◆ **DIRECTIONS**
Copy, word for word, each line of the data below from the first through the line containing "impl Text for", and stop there.

◆ **PROVIDED RECORDS**
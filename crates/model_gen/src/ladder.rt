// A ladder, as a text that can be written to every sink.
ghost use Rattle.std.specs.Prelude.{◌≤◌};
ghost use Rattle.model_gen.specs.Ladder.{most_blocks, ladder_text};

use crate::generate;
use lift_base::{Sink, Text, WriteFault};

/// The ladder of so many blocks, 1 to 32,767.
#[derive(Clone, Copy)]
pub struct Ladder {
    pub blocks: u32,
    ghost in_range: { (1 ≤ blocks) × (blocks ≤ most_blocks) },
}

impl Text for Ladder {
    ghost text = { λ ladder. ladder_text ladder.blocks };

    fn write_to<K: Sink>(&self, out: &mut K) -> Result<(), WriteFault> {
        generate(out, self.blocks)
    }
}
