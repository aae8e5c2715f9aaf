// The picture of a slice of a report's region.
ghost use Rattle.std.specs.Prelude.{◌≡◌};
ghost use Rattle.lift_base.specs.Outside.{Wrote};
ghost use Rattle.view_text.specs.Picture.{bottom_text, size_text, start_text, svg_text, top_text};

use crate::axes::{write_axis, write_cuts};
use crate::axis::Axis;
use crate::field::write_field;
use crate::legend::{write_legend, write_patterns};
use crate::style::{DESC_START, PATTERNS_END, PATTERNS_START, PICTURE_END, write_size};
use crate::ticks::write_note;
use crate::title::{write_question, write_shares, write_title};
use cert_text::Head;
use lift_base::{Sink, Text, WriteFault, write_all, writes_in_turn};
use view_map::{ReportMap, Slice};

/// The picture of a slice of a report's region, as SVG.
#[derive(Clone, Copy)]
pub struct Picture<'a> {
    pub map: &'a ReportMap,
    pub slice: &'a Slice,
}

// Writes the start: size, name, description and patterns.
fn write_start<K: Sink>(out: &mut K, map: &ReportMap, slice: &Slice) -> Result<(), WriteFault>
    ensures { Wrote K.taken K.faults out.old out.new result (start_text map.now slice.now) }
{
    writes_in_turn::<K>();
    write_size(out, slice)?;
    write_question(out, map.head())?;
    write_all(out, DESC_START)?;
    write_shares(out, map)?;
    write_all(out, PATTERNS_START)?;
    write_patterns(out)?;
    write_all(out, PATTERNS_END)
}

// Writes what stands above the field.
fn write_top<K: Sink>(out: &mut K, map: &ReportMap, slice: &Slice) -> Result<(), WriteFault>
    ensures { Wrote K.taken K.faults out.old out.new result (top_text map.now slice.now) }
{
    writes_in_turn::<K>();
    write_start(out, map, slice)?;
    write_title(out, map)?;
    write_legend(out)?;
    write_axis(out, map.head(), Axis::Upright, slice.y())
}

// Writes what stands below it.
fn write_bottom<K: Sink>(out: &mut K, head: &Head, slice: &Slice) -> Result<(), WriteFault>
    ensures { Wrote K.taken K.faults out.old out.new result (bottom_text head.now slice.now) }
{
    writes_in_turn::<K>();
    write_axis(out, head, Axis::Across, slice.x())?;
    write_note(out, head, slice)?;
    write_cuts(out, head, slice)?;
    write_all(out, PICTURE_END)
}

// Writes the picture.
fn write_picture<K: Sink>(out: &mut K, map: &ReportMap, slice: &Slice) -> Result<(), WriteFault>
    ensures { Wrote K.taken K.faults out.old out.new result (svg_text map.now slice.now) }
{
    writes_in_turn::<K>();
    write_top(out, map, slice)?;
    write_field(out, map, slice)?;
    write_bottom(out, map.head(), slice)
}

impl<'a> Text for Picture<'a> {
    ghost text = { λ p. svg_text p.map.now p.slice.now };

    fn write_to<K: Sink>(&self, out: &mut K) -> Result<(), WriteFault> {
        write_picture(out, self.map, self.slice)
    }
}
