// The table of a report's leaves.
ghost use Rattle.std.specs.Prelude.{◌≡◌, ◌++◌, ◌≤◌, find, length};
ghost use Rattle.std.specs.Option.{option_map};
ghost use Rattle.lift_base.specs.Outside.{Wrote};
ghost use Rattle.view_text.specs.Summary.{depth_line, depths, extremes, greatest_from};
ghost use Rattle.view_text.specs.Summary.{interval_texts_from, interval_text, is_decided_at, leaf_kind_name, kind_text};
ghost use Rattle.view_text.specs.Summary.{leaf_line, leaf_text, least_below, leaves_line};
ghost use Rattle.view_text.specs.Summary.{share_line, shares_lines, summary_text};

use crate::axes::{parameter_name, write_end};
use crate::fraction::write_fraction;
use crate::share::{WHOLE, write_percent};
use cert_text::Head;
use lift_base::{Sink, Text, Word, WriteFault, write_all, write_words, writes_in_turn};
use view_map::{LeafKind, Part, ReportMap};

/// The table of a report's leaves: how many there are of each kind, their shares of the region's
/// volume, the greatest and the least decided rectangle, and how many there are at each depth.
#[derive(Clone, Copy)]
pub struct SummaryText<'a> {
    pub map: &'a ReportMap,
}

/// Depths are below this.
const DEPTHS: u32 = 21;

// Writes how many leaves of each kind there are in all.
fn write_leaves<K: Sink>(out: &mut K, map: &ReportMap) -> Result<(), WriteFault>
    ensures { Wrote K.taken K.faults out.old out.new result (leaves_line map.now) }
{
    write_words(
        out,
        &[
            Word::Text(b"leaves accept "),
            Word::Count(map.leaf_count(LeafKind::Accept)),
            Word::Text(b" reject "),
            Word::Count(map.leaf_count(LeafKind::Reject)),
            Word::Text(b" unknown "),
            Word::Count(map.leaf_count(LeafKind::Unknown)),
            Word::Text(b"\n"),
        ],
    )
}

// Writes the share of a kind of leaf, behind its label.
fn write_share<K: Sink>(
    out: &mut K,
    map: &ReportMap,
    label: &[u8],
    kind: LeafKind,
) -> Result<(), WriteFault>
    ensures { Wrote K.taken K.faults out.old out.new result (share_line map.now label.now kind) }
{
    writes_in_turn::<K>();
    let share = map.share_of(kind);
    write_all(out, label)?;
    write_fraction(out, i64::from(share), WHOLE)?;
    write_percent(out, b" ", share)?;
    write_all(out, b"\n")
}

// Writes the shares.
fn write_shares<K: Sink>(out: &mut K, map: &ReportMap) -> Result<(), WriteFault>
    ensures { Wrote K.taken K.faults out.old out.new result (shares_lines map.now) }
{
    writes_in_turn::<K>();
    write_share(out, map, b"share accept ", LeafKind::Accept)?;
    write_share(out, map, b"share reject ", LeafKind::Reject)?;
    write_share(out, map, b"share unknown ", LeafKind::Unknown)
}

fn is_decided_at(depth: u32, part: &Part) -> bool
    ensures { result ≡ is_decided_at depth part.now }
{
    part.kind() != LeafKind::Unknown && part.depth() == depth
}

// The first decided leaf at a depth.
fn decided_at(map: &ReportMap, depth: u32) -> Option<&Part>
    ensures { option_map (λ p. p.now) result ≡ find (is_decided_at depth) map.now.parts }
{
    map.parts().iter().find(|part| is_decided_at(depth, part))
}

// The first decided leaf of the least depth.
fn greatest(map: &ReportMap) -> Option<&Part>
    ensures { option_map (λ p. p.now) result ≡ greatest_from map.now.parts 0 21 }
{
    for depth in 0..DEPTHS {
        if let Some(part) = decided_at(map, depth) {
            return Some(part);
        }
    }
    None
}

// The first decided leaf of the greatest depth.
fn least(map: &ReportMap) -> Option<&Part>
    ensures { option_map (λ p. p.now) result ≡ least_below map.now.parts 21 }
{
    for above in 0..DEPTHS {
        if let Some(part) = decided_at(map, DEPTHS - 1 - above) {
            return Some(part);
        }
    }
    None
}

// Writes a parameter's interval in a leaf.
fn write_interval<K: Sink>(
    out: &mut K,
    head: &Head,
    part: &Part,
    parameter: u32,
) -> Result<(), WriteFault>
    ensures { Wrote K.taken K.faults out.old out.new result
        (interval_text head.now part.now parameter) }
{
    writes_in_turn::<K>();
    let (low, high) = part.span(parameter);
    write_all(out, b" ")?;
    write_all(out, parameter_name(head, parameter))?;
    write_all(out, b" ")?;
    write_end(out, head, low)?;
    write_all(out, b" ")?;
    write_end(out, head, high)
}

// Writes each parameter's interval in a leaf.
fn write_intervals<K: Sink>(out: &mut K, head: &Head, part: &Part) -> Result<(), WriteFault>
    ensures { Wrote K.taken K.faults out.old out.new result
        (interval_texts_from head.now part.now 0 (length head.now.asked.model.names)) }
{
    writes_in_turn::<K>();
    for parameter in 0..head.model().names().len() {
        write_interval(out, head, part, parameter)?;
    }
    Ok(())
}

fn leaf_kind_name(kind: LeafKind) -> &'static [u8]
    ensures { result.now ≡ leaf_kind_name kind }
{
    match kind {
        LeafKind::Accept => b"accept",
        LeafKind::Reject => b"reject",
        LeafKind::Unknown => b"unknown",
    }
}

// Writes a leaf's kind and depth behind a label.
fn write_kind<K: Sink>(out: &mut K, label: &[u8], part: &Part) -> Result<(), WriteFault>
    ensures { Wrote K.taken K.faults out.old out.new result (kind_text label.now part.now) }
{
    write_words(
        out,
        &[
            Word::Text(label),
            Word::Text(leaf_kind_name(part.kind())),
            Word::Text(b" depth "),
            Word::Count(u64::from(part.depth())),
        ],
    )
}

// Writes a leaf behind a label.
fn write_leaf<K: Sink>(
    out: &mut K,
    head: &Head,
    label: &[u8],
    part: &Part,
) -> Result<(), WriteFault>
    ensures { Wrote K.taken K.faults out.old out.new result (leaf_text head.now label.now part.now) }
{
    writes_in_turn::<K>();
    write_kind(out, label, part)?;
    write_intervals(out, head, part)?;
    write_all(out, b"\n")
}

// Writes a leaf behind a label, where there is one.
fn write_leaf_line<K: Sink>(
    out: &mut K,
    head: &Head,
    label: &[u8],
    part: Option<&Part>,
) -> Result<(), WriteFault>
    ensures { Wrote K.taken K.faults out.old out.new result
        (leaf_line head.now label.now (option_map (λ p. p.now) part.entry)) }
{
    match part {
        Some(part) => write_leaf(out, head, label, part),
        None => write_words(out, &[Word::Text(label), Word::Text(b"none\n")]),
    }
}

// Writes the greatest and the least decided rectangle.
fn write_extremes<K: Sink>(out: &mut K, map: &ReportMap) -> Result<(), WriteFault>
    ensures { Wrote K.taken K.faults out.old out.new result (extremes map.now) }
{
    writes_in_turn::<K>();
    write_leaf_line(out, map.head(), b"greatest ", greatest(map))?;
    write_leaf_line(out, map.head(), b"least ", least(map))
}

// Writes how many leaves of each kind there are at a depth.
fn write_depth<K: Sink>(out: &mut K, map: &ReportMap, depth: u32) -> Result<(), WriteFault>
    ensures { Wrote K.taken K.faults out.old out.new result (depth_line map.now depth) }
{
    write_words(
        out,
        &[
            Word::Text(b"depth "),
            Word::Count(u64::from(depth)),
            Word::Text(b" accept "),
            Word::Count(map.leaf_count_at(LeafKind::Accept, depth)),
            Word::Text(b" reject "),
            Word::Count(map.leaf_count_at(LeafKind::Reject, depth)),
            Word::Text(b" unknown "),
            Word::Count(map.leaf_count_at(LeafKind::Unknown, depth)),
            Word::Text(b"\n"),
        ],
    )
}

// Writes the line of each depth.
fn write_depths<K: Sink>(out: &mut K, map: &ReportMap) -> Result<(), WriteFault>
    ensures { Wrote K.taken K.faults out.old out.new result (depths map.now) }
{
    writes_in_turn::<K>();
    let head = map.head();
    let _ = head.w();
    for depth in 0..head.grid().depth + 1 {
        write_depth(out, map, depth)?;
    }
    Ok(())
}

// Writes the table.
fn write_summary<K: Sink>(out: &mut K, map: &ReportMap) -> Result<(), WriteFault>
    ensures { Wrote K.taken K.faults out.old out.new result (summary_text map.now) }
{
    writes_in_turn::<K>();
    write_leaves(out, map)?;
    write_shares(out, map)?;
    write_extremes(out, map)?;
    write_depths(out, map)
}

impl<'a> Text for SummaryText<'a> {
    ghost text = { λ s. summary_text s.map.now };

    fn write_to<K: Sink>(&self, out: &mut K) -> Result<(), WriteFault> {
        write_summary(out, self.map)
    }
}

◆ **TASK ANSWER**
filename crates/model_gen/src/ladder.rt
// A ladder, as a text that can be written to every sink.
ghost use Rattle.std.specs.Prelude.{◌≤◌};
ghost use Rattle.model_gen.specs.Ladder.{most_blocks, ladder_text};

use crate::generate;
use lift_base::{Sink, Text, WriteFault};

/// The ladder of so many blocks, 1 to 32,767.
#[derive(Clone, Copy)]
pub struct Ladder {
    pub blocks: u32,
    ghost in_range: { (1 ≤ blocks) × (blocks ≤ most_blocks) },
}

impl Text for Ladder {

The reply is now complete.